Model-based T1, T2* and Proton Density Mapping Using a Bayesian Approach with Parameter Estimation and Complementary Undersampling Patterns (2307.02015v2)

Abstract: Purpose: To achieve automatic hyperparameter estimation for the joint recovery of quantitative MR images, we propose a Bayesian formulation of the reconstruction problem that incorporates the signal model. Additionally, we investigate the use of complementary undersampling patterns to determine optimal undersampling schemes for quantitative MRI. Theory: We introduce a novel nonlinear approximate message passing framework, referred to as ``AMP-PE'', that enables the simultaneous recovery of distribution parameters and quantitative maps. Methods: We employed the variable flip angle multi-echo (VFA-ME) method to acquire measurements. Both retrospective and prospective undersampling approaches were utilized to obtain Fourier measurements using variable-density and Poisson-disk patterns. Furthermore, we extensively explored various undersampling schemes, incorporating complementary patterns across different flip angles and/or echo times.
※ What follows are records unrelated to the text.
// The nearest of some times to the one asked for, before it or after it: one scan, for times in any order; and a step for one row, for a caller that goes through rows itself, with what is found at the end.
#![tactic(auto)]

ghost use Rattle.std.specs.Prelude.{◌≡◌, ◌<◌, ℕ, List, Ok};
ghost use Rattle.queries.specs.Answers.{found_of};
ghost use Rattle.nearest.specs.Nearest.{on_side, distance_to, row_in, Tells, distance_on, none_yet, closer_at, closer_of, row_found};

// The times that are asked for: those at or before one, or those after it. An enum and no closures: which times are asked for, how far each is and what stands for none go by it, and a caller would hand over all three.
#[derive(Clone, Copy)]
pub enum Side {
    AtOrBefore,
    After,
}

impl Side {
    // Whether a time is on this side of the one asked for.
    fn has(self, at: u64, time: u64) -> bool
        ensures { result ≡ on_side self at time }
    {
        match self {
            Side::AtOrBefore => time <= at,
            Side::After => at < time,
        }
    }

    // How far a time is from the one asked for, counted round 2^64, so that each time on this side is nearer than all on the other.
    fn distance(self, at: u64, time: u64) -> u64
        ensures { result ≡ distance_to self at time }
    {
        match self {
            Side::AtOrBefore => at.wrapping_sub(time),
            Side::After => time.wrapping_sub(at).wrapping_sub(1),
        }
    }

    // How far a time on this side is from the one asked for; the very next after it is at 0. A time on the other side is far.
    fn distance_on(self, at: u64, time: u64) -> u64
        ensures { result ≡ distance_on self at time }
    {
        match self {
            Side::AtOrBefore if time <= at => at - time,
            Side::After if at < time => time - (at + 1),
            _ => FAR,
        }
    }
}

// The row of the nearest time on one side, the earliest among equals, of so many that the closure tells; none without rows; row 0 where all are later and one at or before is asked for.
// The loop keeps a distance and no `Option`: whether its time is on the side is asked once, behind it.
pub fn nearest_row<F: Fn(usize) -> u64>(rows: usize, side: Side, at: u64, time_of: F) -> Option<u64>
    requires { (k : ℕ) → k < rows → F.pre time_of k }
    ensures { (times : List ℕ) → Tells (F.post time_of) rows times → found_of (Ok result) ≡ row_in side times at }
{
    if rows == 0 {
        return None;
    }
    let mut nearest = 0;
    let mut least = side.distance(at, time_of(0));
    for k in 1..rows {
        let distance = side.distance(at, time_of(k));
        if distance < least {
            nearest = k;
            least = distance;
        }
    }
    if side.has(at, time_of(nearest)) {
        return Some(nearest as u64);
    }
    match side {
        Side::AtOrBefore => Some(0),
        Side::After => None,
    }
}

// Farther than any time of 64 bits is from one that is asked for. A time after that one counts from 0, so that the distance of no time is this number.
const FAR: u64 = 18446744073709551615;

// The row of the nearest time, the earliest among equals, and how far it is; row 0 and far where all stand on the other side.
#[derive(Clone, Copy)]
pub struct Nearest {
    pub row: usize,
    pub distance: u64,
}

// Before any row is looked at.
pub fn none_yet() -> Nearest
    ensures { result ≡ none_yet }
{
    Nearest {
        row: 0,
        distance: FAR,
    }
}

// The nearest so far, or row k at distance d where that is nearer.
fn closer(so_far: Nearest, k: usize, d: u64) -> Nearest
    ensures { result ≡ closer_at so_far k d }
{
    if d < so_far.distance {
        Nearest {
            row: k,
            distance: d,
        }
    } else {
        so_far
    }
}

// The nearest so far, or row k with this time where that is nearer.
pub fn look_at_time(so_far: Nearest, k: usize, side: Side, at: u64, time: u64) -> Nearest
    ensures { result ≡ closer_of side at so_far k time }
{
    closer(so_far, k, side.distance_on(at, time))
}

// The row that is found once all are looked at: none without rows; row 0 where all are later and one at or before is asked for.
pub fn found_row(nearest: Nearest, rows: usize, side: Side) -> Option<u64>
    ensures { found_of (Ok result) ≡ row_found side rows nearest }
{
    match side {
        _ if rows == 0 => None,
        Side::After if nearest.distance == FAR => None,
        _ => Some(nearest.row as u64),
    }
}
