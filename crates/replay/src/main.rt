// Replays a stored sample of the Rust's answers: a file of cases for each class of made files, one line a class.
#![tactic(auto)]

use input::read_input;
use replay_cases::{Tally, replay};
use std::io::Read;
use std::rt::Files;
use std::{env, fs, io};

// Prints a class, its cases, and how many of them are the same.
fn print_tally(rt: &impl Print, name: &str, tally: Tally) -> io::Result<()> {
    let Tally { cases, same } = tally;
    println!(rt; "{name} {cases} files, {same} as the Rust reads them")
}

// Replays the class that the reader gives.
fn replay_open<R: Read>(rt: &impl Print, reader: &mut R, name: &str) -> io::Result<()> {
    let mut sample = [0; 262144];
    let n = read_input(reader, &mut sample)?;
    print_tally(rt, name, replay(&sample[..n]))
}

// Replays the class whose file the path names.
fn replay_file(rt: &(impl Files + Print), path: &str) -> io::Result<()> {
    let mut file = fs::open(rt, path)?;
    replay_open(rt, &mut file, path)
}

// Each argument in its turn. A class that can't be read is told, and those behind it are replayed all the same.
fn main(rt: HostRuntime) -> io::Result<()> {
    for path in env::args(&rt)?.skip(1) {
        if let Err(e) = replay_file(&rt, path.as_str()) {
            eprintln!(rt; "{path}: {e}")?;
        }
    }
    Ok(())
}
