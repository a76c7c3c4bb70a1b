// The writer of the requests of the calls that a client sends.
#![tactic(auto)]

ghost use Rattle.std.specs.Prelude.{◌≡◌};
ghost use Rattle.carrier.specs.Carriers.{carrier_of};
ghost use Rattle.fields.specs.Promise.{Encoded};
ghost use Rattle.calls.specs.Rows.{row_raw, Writable};
ghost use Rattle.request_writer.specs.Promise.{RequestDone};

use calls::{Call, Row};
use carrier::Carrier;
use escape::Piece;
use refusal::Refusal;
use strings::Text;

// Writes a request into the start of `out`: for the serial lead the mark of code and style and the body with each escape byte doubled, for the
// parallel side the plain code and the body as it is. The checks come in the order of their answers; a refused request has touched no byte.
#[tactic(auto, using(crate::proofs::Answers::answers))]
pub fn write_request(
    carrier: Carrier,
    style: u8,
    call: Call,
    block: &[u8],
    text: &[u8],
    out: &mut [u8],
) -> Result<usize, Refusal>
    ensures { RequestDone (carrier_of carrier) style call block.now text.now out.old result out.new }
{
    if Text::LIMIT < text.len() {
        return Err(Refusal::TooLong);
    }
    let row = calls::row_of(call, calls::length_byte(block.len()));
    if !calls::given_ok(carrier, style, row, block, text) {
        return Err(Refusal::BadField);
    }
    write_row(carrier, style, &row, block, text, out)
}

// Writes the request of a row, whose style, block and string keep their rules: the escape and the mark, or the plain code, and the body.
fn write_row<'a>(
    carrier: Carrier,
    style: u8,
    row: &'a Row,
    block: &'a [u8],
    text: &'a [u8],
    out: &mut [u8],
) -> Result<usize, Refusal>
    requires { Writable carrier style row.now }
    ensures { Encoded (row_raw carrier style row.now block.now text.now) out.old result out.new }
{
    let start = [Piece::ESCAPE, style * 32 + row.code];
    let heading = match carrier {
        Carrier::Serial => &start[..],
        Carrier::Parallel => &start[1..],
    };
    fields::write_fields(
        carrier,
        heading,
        &[row.head.as_slice(), block, text, row.tail.as_slice()],
        out,
    )
}
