/// Statements one after the other (JLS 14.2). A loop makes at most so many turns.
#[cycle(executing)]
pub fn execute_all<F: Enters>(
    trees: &[Stmt],
    b: &Site,
    turns: u64,
    names: &Names,
    call: &Calling<F>,
    st: &mut Standing,
    w: &mut World,
) -> Result<Flow, Halt>
    ensures means { (m : Caller) → F.keeps call.now m
        → MeansAs flow_of (all_run_at b.now names.now m turns (standing_of st.old)
        (placed_statements trees.now) (world_of w.old)) result (world_of w.new) }
    ensures scope { OnOk result (Grown st.old.scope st.new.scope) }
{
    for tree in trees {
        let flow = execute(tree, b, turns, names, call, st, w)?;
        if let Some(left) = stops_turn(flow) {
            return Ok(left);
        }
    }
    Ok(Flow::Onward)
}

/// A statement. After it its names are out of scope, but for those of a declaration (JLS 6.3).
#[cycle(executing)]
fn execute<F: Enters>(
    tree: &Stmt,
    b: &Site,
    turns: u64,
    names: &Names,
    call: &Calling<F>,
    st: &mut Standing,
    w: &mut World,
) -> Result<Flow, Halt>
    ensures means { (m : Caller) → F.keeps call.now m
        → MeansAs flow_of (runs_at b.now names.now m turns (standing_of st.old)
        (placed_statement tree.now) (world_of w.old)) result (world_of w.new) }
    ensures behind { OnOk result (standing_of st.new
        ≡ spec.behind b.now.program.now (standing_of st.old) (placed_statement tree.now)) }
{
    let before = st.mark();
    let flow = inside(tree, b, turns, names, call, st, w)?;
    st.back(before);
    pass_over(tree, b, st)?;
    Ok(flow)
}
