//! What the words ask for.
ghost use Rattle.std.specs.Prelude.{◌<◌, ◌≤◌, IfSome};

use jn_solver_samples::{Net, Shape};

/// The most workers that a run may have.
const MOST_WORKERS: u32 = 16;

/// A net to be solved.
#[derive(Clone, Copy, Debug)]
pub struct Request {
    pub net: Net,
    /// How many workers; 0 stands for a drain on one thread.
    pub workers: u32,
    /// How often it is solved.
    pub repeats: u32,
}

impl Request {
    /// The word for the net's shape.
    pub fn shape_name(&self) -> &'static str {
        match self.net.shape {
            Shape::Chain => "chain",
            Shape::Star => "star",
            Shape::Ring => "ring",
        }
    }
}

fn shape_of(word: &str) -> Option<Shape> {
    match word {
        "chain" => Some(Shape::Chain),
        "star" => Some(Shape::Star),
        "ring" => Some(Shape::Ring),
        _ => None,
    }
}

/// The request of four words, SHAPE COUNT WORKERS REPEATS. There is none where a word is unknown or
/// no number, where there is no body or no run, or where there are more than 16 workers.
pub fn request_of(words: &[String]) -> Option<Request>
    ensures any { IfSome result (λ request. 0 < request.net.bodies) }
    ensures workers { IfSome result (λ request. request.workers ≤ 16) }
{
    let [shape, bodies, workers, repeats] = words else {
        return None;
    };
    let shape = shape_of(shape.as_str())?;
    let bodies = bodies.as_str().parse::<u32>().ok()?;
    let workers = workers.as_str().parse::<u32>().ok()?;
    let repeats = repeats.as_str().parse::<u32>().ok()?;
    if bodies == 0 || repeats == 0 || workers > MOST_WORKERS {
        return None;
    }
    Some(Request {
        net: Net { shape, bodies },
        workers,
        repeats,
    })
}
Results: AMP-PE adopts a model-based joint recovery strategy, it outperforms the $l_1$-norm minimization approach that follows a decoupled recovery strategy. A comparison with an existing joint-recovery approach further demonstrates the advantageous outcomes of AMP-PE. For quantitative $T_1$ mapping using VFA-ME, employing identical k-space sampling patterns across different echo times produced the best performance. Whereas for $T_2^*$ and proton density mappings, using complementary sampling patterns across different flip angles yielded the best performance. Conclusion: AMP-PE is equipped with built-in parameter estimation, and works naturally in clinical settings with varying acquisition protocols and scanners. It also achieves improved performance by combining information from the MR signal model and the sparse prior on images.